In the fall of 2000, the political center of attention in Florida, and the rest of the country, was the presidential contest between Texas Gov. George W. Bush and Vice President Al Gore.

That focus became a singular one when Gore contested Florida's election results, a 537-vote margin giving Bush the state's 25 electoral votes to surpass the 270 requirement by an extra point. Today, butterfly ballots and hanging chads remain part of the country's election lexicon even a quarter-century later.

Lost in all the legal fighting ballot-counting was voter approval of a seemingly obscure ballot item giving Floridians a constitutional right to high-speed train travel. The amendment called for "linking Florida's five largest urban areas" with "a high-speed monorail" to "reduce traffic and increase travel alternatives."

Brightline's service to Orlando seeks to succeed where two other ventures did not.
Brightline's service to Orlando seeks to succeed where two other ventures did not.

The amendment was the brainchild of millionaire C.C. "Doc" Dockery, a retired Lakeland businessman. Dockery organized and funded a successful $1.5 million, 624,000-signature petition drive to place the concept on the ballot. It won approval with 53% of the vote — we'll come back to that later.

Dockery hailed the amendment's passage that November in an interview with The Palm Beach Post.

"I'm feeling very good," Dockery said at the time. "I would like to be the first one to hop on board, but I'm going to defer to an 83-year-old lady in Pinellas County who sent me $5 and said she wants to be the first to ride the train from Tampa Bay to Orlando, take a taxi to Disney World and ride the new roller-coaster there."

Then reality hit. And by that, we mean money. Lots of it.

Florida's Department of Transportation estimated the cost to build the rail line at between $5.6 billion and $11.2 billion. A Tallahassee-based conservative think tank, the James Madison Institute, put the range at between $8.2 billion and $21.9 billion. Then state economists upped the figures, substantially, guesstimating the venture would cost $20 billion to $25 billion.

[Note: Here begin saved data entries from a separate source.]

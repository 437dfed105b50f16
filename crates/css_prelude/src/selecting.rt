//! Lists of selectors (Selectors 3, sections 5 and 8).

ghost use Rattle.std.specs.Prelude.{◌≡◌, ◌⊎◌, IfOk};
ghost use Rattle.std.specs.Option.{option_map};
ghost use Rattle.css_prelude.specs.Selecting as selecting;

use crate::compound::{Compounded, compound};
use crate::words::or_found;
use css_data::{Compound, Join, Selector};
use css_tokens::{Lexeme, Rest, begins, begins_space, skip_spaces};
use mc_base::{Found, List};
use std::alloc::{AllocError, Global};

/// The selectors of a prelude, and the first in them that isn't laid out.
#[derive(Drop)]
pub struct Selectors {
    pub selectors: List<Selector>,
    pub found: Option<Found>,
}

/// What follows a compound selector.
#[derive(Clone, Copy)]
pub enum Follow {
    End,
    Comma,
    Joined(Join),
    Nothing,
}

/// The selectors so far: those that are whole, the compounds and joins of the next one, and the first in them that
/// isn't laid out.
#[derive(Drop)]
pub struct Selecting {
    pub done: List<Selector>,
    pub compounds: List<Compound>,
    pub joins: List<Join>,
    pub found: Option<Found>,
}

/// Whether there is more to read.
#[derive(Clone, Copy)]
pub enum Turn {
    More,
    Done,
    Off,
}

/// The join that the next sign stands for.
fn join_sign(rest: &Rest) -> Option<Join>
    ensures { result ≡ selecting.join_sign rest.now }
{
    if begins(rest, '>') {
        return Some(Join::Child);
    }
    if begins(rest, '+') {
        return Some(Join::Next);
    }
    if begins(rest, '~') {
        return Some(Join::Later);
    }
    None
}

/// Goes past what follows a compound selector.
fn what_follows(rest: &mut Rest) -> Follow
    ensures { (result, rest.new) ≡ selecting.follow_at rest.old }
{
    let spaced = begins_space(rest);
    skip_spaces(rest);
    if rest.peek().is_none() {
        return Follow::End;
    }
    if begins(rest, ',') {
        rest.bump();
        skip_spaces(rest);
        return Follow::Comma;
    }
    if let Some(join) = join_sign(rest) {
        rest.bump();
        skip_spaces(rest);
        return Follow::Joined(join);
    }
    if spaced {
        return Follow::Joined(Join::Descendant);
    }
    Follow::Nothing
}

impl Selecting {
    ghost use Rattle.std.specs.Prelude.{◌≡◌, OnOk};
    ghost use Rattle.css_prelude.specs.Selecting as selecting;

    fn new(alloc: Global) -> Self
        ensures { result ≡ selecting.nothing_yet }
    {
        Selecting {
            done: List::new(alloc),
            compounds: List::new(alloc),
            joins: List::new(alloc),
            found: None,
        }
    }
}

/// With one more compound.
fn with_compound(state: Selecting, next: Compounded) -> Result<Selecting, AllocError>
    ensures { IfOk result (λ s. s ≡ selecting.with_compound state next) }
{
    let Selecting {
        done,
        compounds,
        joins,
        found,
    } = state;
    let Compounded {
        compound,
        found: then,
    } = next;
    let mut compounds = compounds;
    compounds.push(compound)?;
    Ok(Selecting {
        done,
        compounds,
        joins,
        found: or_found(found, then),
    })
}

/// With the selector that is being read as a whole one.
fn finished(alloc: Global, state: Selecting) -> Result<Selecting, AllocError>
    ensures { IfOk result (λ s. s ≡ selecting.finished state) }
{
    let Selecting {
        done,
        compounds,
        joins,
        found,
    } = state;
    let mut done = done;
    done.push(Selector { compounds, joins })?;
    Ok(Selecting {
        done,
        compounds: List::new(alloc),
        joins: List::new(alloc),
        found,
    })
}

/// With one more join.
fn with_join(state: Selecting, join: Join) -> Result<Selecting, AllocError>
    ensures { IfOk result (λ s. s ≡ selecting.with_join state join) }
{
    let Selecting {
        done,
        compounds,
        joins,
        found,
    } = state;
    let mut joins = joins;
    joins.push(join)?;
    Ok(Selecting {
        done,
        compounds,
        joins,
        found,
    })
}

/// Takes what follows a compound selector.
fn followed(
    alloc: Global,
    state: Selecting,
    follow: Follow,
) -> Result<(Turn, Selecting), AllocError>
    ensures { IfOk result (λ x. (x.0, x.1) ≡ selecting.followed state follow) }
{
    match follow {
        Follow::End => Ok((Turn::Done, finished(alloc, state)?)),
        Follow::Comma => Ok((Turn::More, finished(alloc, state)?)),
        Follow::Joined(join) => Ok((Turn::More, with_join(state, join)?)),
        Follow::Nothing => Ok((Turn::Off, state)),
    }
}

/// Takes a compound selector and what follows it. Off the grammar nothing is taken.
#[tactic(auto, unfolding(crate::specs::Selecting::turn))]
fn take_turn(
    alloc: Global,
    size: usize,
    state: Selecting,
    rest: &mut Rest,
) -> Result<(Turn, Selecting), AllocError>
    ensures { IfOk result (λ x. ((x.0, x.1), rest.new) ≡ selecting.turn size state rest.old) }
{
    let before = rest.as_slice();
    let Some(next) = compound(alloc, size, rest)? else {
        *rest = Rest::new(before);
        return Ok((Turn::Off, state));
    };
    let state = with_compound(state, next)?;
    let follow = what_follows(rest);
    followed(alloc, state, follow)
}

fn whole(state: Selecting) -> Selectors
    ensures { result ≡ selecting.whole state }
{
    let Selecting {
        done,
        compounds: _,
        joins: _,
        found,
    } = state;
    Selectors {
        selectors: done,
        found,
    }
}

/// The selectors that a prelude spells, or `None` where it is off the grammar.
pub fn selector_list(alloc: Global, prelude: &[Lexeme]) -> Result<Option<Selectors>, AllocError>
    ensures { IfOk result (λ o. o ≡ selecting.selectors_of prelude.now) }
{
    let size = prelude.len();
    let mut rest = Rest::new(prelude);
    skip_spaces(&mut rest);
    let mut state = Selecting::new(alloc);
    for _ in 0..size {
        let (next, then) = take_turn(alloc, size, state, &mut rest)?;
        match next {
            Turn::More => state = then,
            Turn::Done => return Ok(Some(whole(then))),
            Turn::Off => return Ok(None),
        }
    }
    Ok(None)
}
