//! Names and texts in front of a list of lexemes.

ghost use Rattle.std.specs.Prelude.{◌≡◌, IfOk};
ghost use Rattle.std.specs.Option.{option_copied, option_map};
ghost use Rattle.css_prelude.specs.Words as words;

use css_tokens::{Lexeme, Rest, function_of, hash_of, ident_of, word_of};
use mc_base::{Found, Text};
use std::alloc::{AllocError, Global};

/// The first of two constructs.
pub fn or_found(first: Option<Found>, then: Option<Found>) -> Option<Found>
    ensures { result ≡ words.or_found first then }
{
    match first {
        Some(found) => Some(found),
        None => then,
    }
}

pub fn copy(alloc: Global, bytes: &[u8]) -> Result<Text, AllocError>
    ensures { IfOk result (λ t. t ≡ bytes.now) }
{
    Ok(Text::of(Vec::from_slice(alloc, bytes)?))
}

pub fn first_ident<'a>(rest: &Rest<'a>) -> Option<&'a [u8]>
    ensures { option_copied result ≡ words.first_ident rest.now }
{
    let lexeme: &'a Lexeme = rest.peek()?;
    ident_of(lexeme)
}

pub fn first_function<'a>(rest: &Rest<'a>) -> Option<&'a [u8]>
    ensures { option_copied result ≡ words.first_function rest.now }
{
    let lexeme: &'a Lexeme = rest.peek()?;
    function_of(lexeme)
}

pub fn first_hash<'a>(rest: &Rest<'a>) -> Option<&'a [u8]>
    ensures { option_copied result ≡ words.first_hash rest.now }
{
    let lexeme: &'a Lexeme = rest.peek()?;
    hash_of(lexeme)
}

fn first_word<'a>(rest: &Rest<'a>) -> Option<&'a [u8]>
    ensures { option_copied result ≡ words.first_word rest.now }
{
    let lexeme: &'a Lexeme = rest.peek()?;
    word_of(lexeme)
}

/// Goes past an identifier, and gives it.
pub fn ident(alloc: Global, rest: &mut Rest) -> Result<Option<Text>, AllocError>
    ensures { IfOk result (λ o. option_map (λ t. (t, rest.new)) o ≡ words.ident_at rest.old) }
{
    let Some(text) = first_ident(rest) else {
        return Ok(None);
    };
    let text = copy(alloc, text)?;
    rest.bump();
    Ok(Some(text))
}

/// Goes past an identifier or a string, and gives its text.
pub fn word(alloc: Global, rest: &mut Rest) -> Result<Option<Text>, AllocError>
    ensures { IfOk result (λ o. option_map (λ t. (t, rest.new)) o ≡ words.word_at rest.old) }
{
    let Some(text) = first_word(rest) else {
        return Ok(None);
    };
    let text = copy(alloc, text)?;
    rest.bump();
    Ok(Some(text))
}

Still, the Florida High Speed Rail Authority was created to oversee the project. Construction had not begun, but a contractor was selected to build the first leg from Orlando to Tampa at a cost of $2.3 billion.

All the while, the big-dollar price tag figures, inflated or not, fueled surging opposition to the monorail, which soon became known as the "bullet train."

Gov. Jeb Bush was the bullet train's top critic and said the project was "a $25 billion boondoggle that will damage our state." Then-Palm Beach County Commissioner Burt Aaronson founded a bipartisan political action committee, Derail the Bullet Train, to seek the repeal of the 2000 amendment.

In a November 2004 do-over, Florida voters repealed the original 2000 bullet train amendment, bringing an end to the high-speed monorail.

"We have no mandate," Fred Dudley, the authority's chairman, said after losing the repeal vote. "But we still have a good idea."

The mandate, however, was for raising the threshold for voter approval of constitutional amendments. The bullet train ballot item was among those cited as a reason to support a successful, subsequent change to Florida's Constitution to raise the threshold to 60%.